= Exercise description =
Which lines in the data below contain the string "specs"? Show each one.

= Given information =
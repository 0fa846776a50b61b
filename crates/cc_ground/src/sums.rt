//! Values of terms that have no constant, and the objects that they are.
ghost use Rattle.std.specs.Prelude.{◌≡◌, ◌+◌, IfOk, Some, option_and_then, option_map, position};
ghost use Rattle.cc_defs.specs.Resolved.{plain_term};
ghost use Rattle.cc_defs.specs.Satisfaction.{Whole, is_number};
ghost use Rattle.cc_defs.specs.Satisfaction as words;
ghost use Rattle.cc_defs.specs.Signatures.{number_at};
ghost use Rattle.cc_ground.specs.Bindings.{environment_of};
ghost use Rattle.cc_ground.specs.Pieces.{joined};
ghost use Rattle.cc_ground.specs.Views.{bare_universe, plain_value};

use crate::bindings::Bindings;
use crate::maker::narrow;
use crate::outermost::is_minus;
use crate::values::NONE;
use cc_defs::{OutOfMemory, Term};
use cc_sorts::Table;

/// What a term may have.
#[derive(Clone, Copy)]
pub(crate) enum Value {
    /// An object that is no number, or what stands for `none`.
    Thing(u32),
    /// A whole number, as the first less the second.
    Whole(u64, u64),
}

/// The sum of two numbers. What would be larger has more pieces than fit in memory.
pub(crate) fn sum_of(one: u64, other: u64) -> Result<u64, OutOfMemory>
    ensures { IfOk result (λ sum. sum ≡ one + other) }
{
    one.checked_add(other).ok_or(OutOfMemory)
}

/// The whole number that the first two numbers are less the other two.
fn whole_of(one: u64, more: u64, other: u64, another: u64) -> Result<Option<Value>, OutOfMemory>
    ensures { IfOk result (λ whole.
        option_map plain_value whole ≡ Some (Whole (one + more) (other + another))) }
{
    Ok(Some(Value::Whole(sum_of(one, more)?, sum_of(other, another)?)))
}

/// The sum of two values, or the first less the second, where both are whole numbers.
fn join(
    minus: bool,
    first: Option<Value>,
    second: Option<Value>,
) -> Result<Option<Value>, OutOfMemory>
    ensures { IfOk result (λ whole. option_map plain_value whole
        ≡ joined minus (option_map plain_value first) (option_map plain_value second)) }
{
    match (first, second) {
        (Some(Value::Whole(one, other)), Some(Value::Whole(more, another))) => {
            if minus {
                whole_of(one, another, other, more)
            } else {
                whole_of(one, more, other, another)
            }
        }
        _ => Ok(None),
    }
}

/// An object is its number where it is one.
fn meant(table: &Table, object: u32) -> Value
    ensures { plain_value result ≡ words.meant (bare_universe table.now) object }
{
    match table.number_of(object) {
        Some(number) => Value::Whole(u64::from(number), 0),
        None => Value::Thing(object),
    }
}

/// What an object is, if there is one.
fn meant_if(table: &Table, object: Option<u32>) -> Option<Value>
    ensures { option_map plain_value result
        ≡ option_map (words.meant (bare_universe table.now)) object }
{
    match object {
        Some(object) => Some(meant(table, object)),
        None => None,
    }
}

/// The value of a term that has no constant.
pub(crate) fn given_value(
    table: &Table,
    env: &Bindings,
    term: &Term,
) -> Result<Option<Value>, OutOfMemory>
    ensures { IfOk result (λ found. option_map plain_value found ≡ words.given_value
        (bare_universe table.now) (environment_of env.now) (plain_term term.now)) }
{
    match term {
        Term::Constant { .. } => Ok(None),
        Term::Object(object) => Ok(Some(meant(table, *object))),
        Term::Variable(variable) => Ok(meant_if(table, env.value(*variable))),
        Term::Nothing => Ok(Some(Value::Thing(NONE))),
        Term::Number(number) => Ok(Some(Value::Whole(u64::from(*number), 0))),
        Term::Plus(left, right) | Term::Minus(left, right) => {
            let first = given_value(table, env, left)?;
            let second = given_value(table, env, right)?;
            join(is_minus(term), first, second)
        }
    }
}

/// The first object that is the number which one is less another, looked for in turn.
fn object_in_turn(table: &Table, plus: u64, minus: u64) -> Result<Option<u32>, OutOfMemory>
    ensures { IfOk result (λ found. found ≡ position (is_number plus minus) table.now.numbers) }
{
    table.has_declarations();
    for place in 0..table.object_count() {
        let object = narrow(place)?;
        if is_number_at(table, object, plus, minus)? {
            return Ok(Some(object));
        }
    }
    Ok(None)
}

/// Whether an object is the number which one is less another.
fn is_number_at(table: &Table, object: u32, plus: u64, minus: u64) -> Result<bool, OutOfMemory>
    ensures { IfOk result (λ is. is ≡ is_number plus minus (number_at table.now.numbers object)) }
{
    match table.number_of(object) {
        Some(number) => Ok(plus == sum_of(u64::from(number), minus)?),
        None => Ok(false),
    }
}

/// The object that is the number which one is less another. Numbers of the text are short.
fn object_of_whole(table: &Table, plus: u64, minus: u64) -> Result<Option<u32>, OutOfMemory>
    ensures { IfOk result (λ found. found ≡ position (is_number plus minus) table.now.numbers) }
{
    let Some(number) = plus.checked_sub(minus) else {
        return Ok(None);
    };
    match u32::try_from(number) {
        Ok(number) => Ok(table.numbered(number)),
        Err(_) => object_in_turn(table, plus, minus),
    }
}

/// The object that a value is.
fn object_of(table: &Table, value: Value) -> Result<Option<u32>, OutOfMemory>
    ensures { IfOk result (λ found.
        found ≡ words.object_of_value (bare_universe table.now) (plain_value value)) }
{
    match value {
        Value::Thing(object) => Ok(Some(object)),
        Value::Whole(plus, minus) => object_of_whole(table, plus, minus),
    }
}

/// The object that the value of a term is.
pub(crate) fn object_given(
    table: &Table,
    env: &Bindings,
    term: &Term,
) -> Result<Option<u32>, OutOfMemory>
    ensures { IfOk result (λ found.
        found ≡ option_and_then (words.object_of_value (bare_universe table.now)) (words.given_value
        (bare_universe table.now) (environment_of env.now) (plain_term term.now))) }
{
    match given_value(table, env, term)? {
        Some(value) => object_of(table, value),
        None => Ok(None),
    }
}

= The completed task =
ghost use Rattle.std.specs.Prelude.{◌≡◌, ◌+◌, IfOk, Some, option_and_then, option_map, position};
ghost use Rattle.cc_defs.specs.Resolved.{plain_term};
ghost use Rattle.cc_defs.specs.Satisfaction.{Whole, is_number};
ghost use Rattle.cc_defs.specs.Satisfaction as words;
ghost use Rattle.cc_defs.specs.Signatures.{number_at};
ghost use Rattle.cc_ground.specs.Bindings.{environment_of};
ghost use Rattle.cc_ground.specs.Pieces.{joined};
ghost use Rattle.cc_ground.specs.Views.{bare_universe, plain_value};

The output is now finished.